In the listing that follows, how many lines include the word "copies"? Only the number is wanted.
= Beginning of Section =
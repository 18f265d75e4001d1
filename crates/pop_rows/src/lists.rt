// Lists with an array for each of them.
ghost use Rattle.std.specs.Prelude.{◌≡◌, ◌++◌, ◌∷◌, [], IfOk, OnOk};
ghost use Rattle.pop_rows.specs.Lists.{lists_in};

use std::alloc::{AllocError, Global};

/// A copy of the lists.
pub fn copy_lists<T: Copy>(alloc: Global, lists: &[Vec<T>]) -> Result<Vec<Vec<T>>, AllocError>
    ensures { IfOk result (λ copies. lists_in copies.items ≡ lists_in lists.now) }
{
    let mut copies = Vec::with_capacity(alloc, lists.len())?;
    for v in 0..lists.len() {
        add_copy(alloc, &mut copies, &lists[v])?;
    }
    Ok(copies)
}

// Adds a copy of a list to `copies`.
fn add_copy<T: Copy>(alloc: Global, copies: &mut Vec<Vec<T>>, list: &[T]) -> Result<(), AllocError>
    ensures { OnOk result (lists_in copies.new.items ≡ lists_in copies.old.items ++ list.now ∷ []) }
{
    copies.push(Vec::from_slice(alloc, list)?)?;
    Ok(())
}
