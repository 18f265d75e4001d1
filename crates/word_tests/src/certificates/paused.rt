//! The certificate of a run that was paused after one pop, worked by hand: the formula with the
//! one clause `1`, over the row 0, 0, 1.
use pop_stacks::{Rows, StackSpec};
use pop_words::Command;
use run_cert::Cert;

/// The text of the certificate.
pub static TEXT: [u8; 71] =
    *b"cert 1 formula\nstacks 0,0,1\ninput 14\np cnf 1 1\n1 0\nlog 2 1\npop 1 1 1:0\n";

/// Its input.
pub static INPUT: [u8; 14] = *b"p cnf 1 1\n1 0\n";

/// The text of its log.
pub const LOG_TEXT: &str = "log 2 1\npop 1 1 1:0\n";

// Whether these are the one row 0, 0, 1.
fn are_its_rows(rows: &Rows) -> bool {
    rows.count() == 1 && rows.row(0) == [0, 0, 1].as_slice()
}

// Whether the stacks are of that row.
fn are_its_stacks(stacks: &StackSpec) -> bool {
    match stacks {
        StackSpec::Key(_) => false,
        StackSpec::Given(rows) => are_its_rows(rows),
    }
}

/// Whether this is that certificate.
pub fn is_it(cert: &Cert) -> bool {
    cert.command() == Command::Formula
        && are_its_stacks(cert.spec())
        && (cert.height(), cert.root()) == (1 << 20, 1)
        && cert.input() == INPUT.as_slice()
        && cert.log_text() == LOG_TEXT.as_bytes()
}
= End of Section =
:: ANSWER TO THE EXERCISE ::
8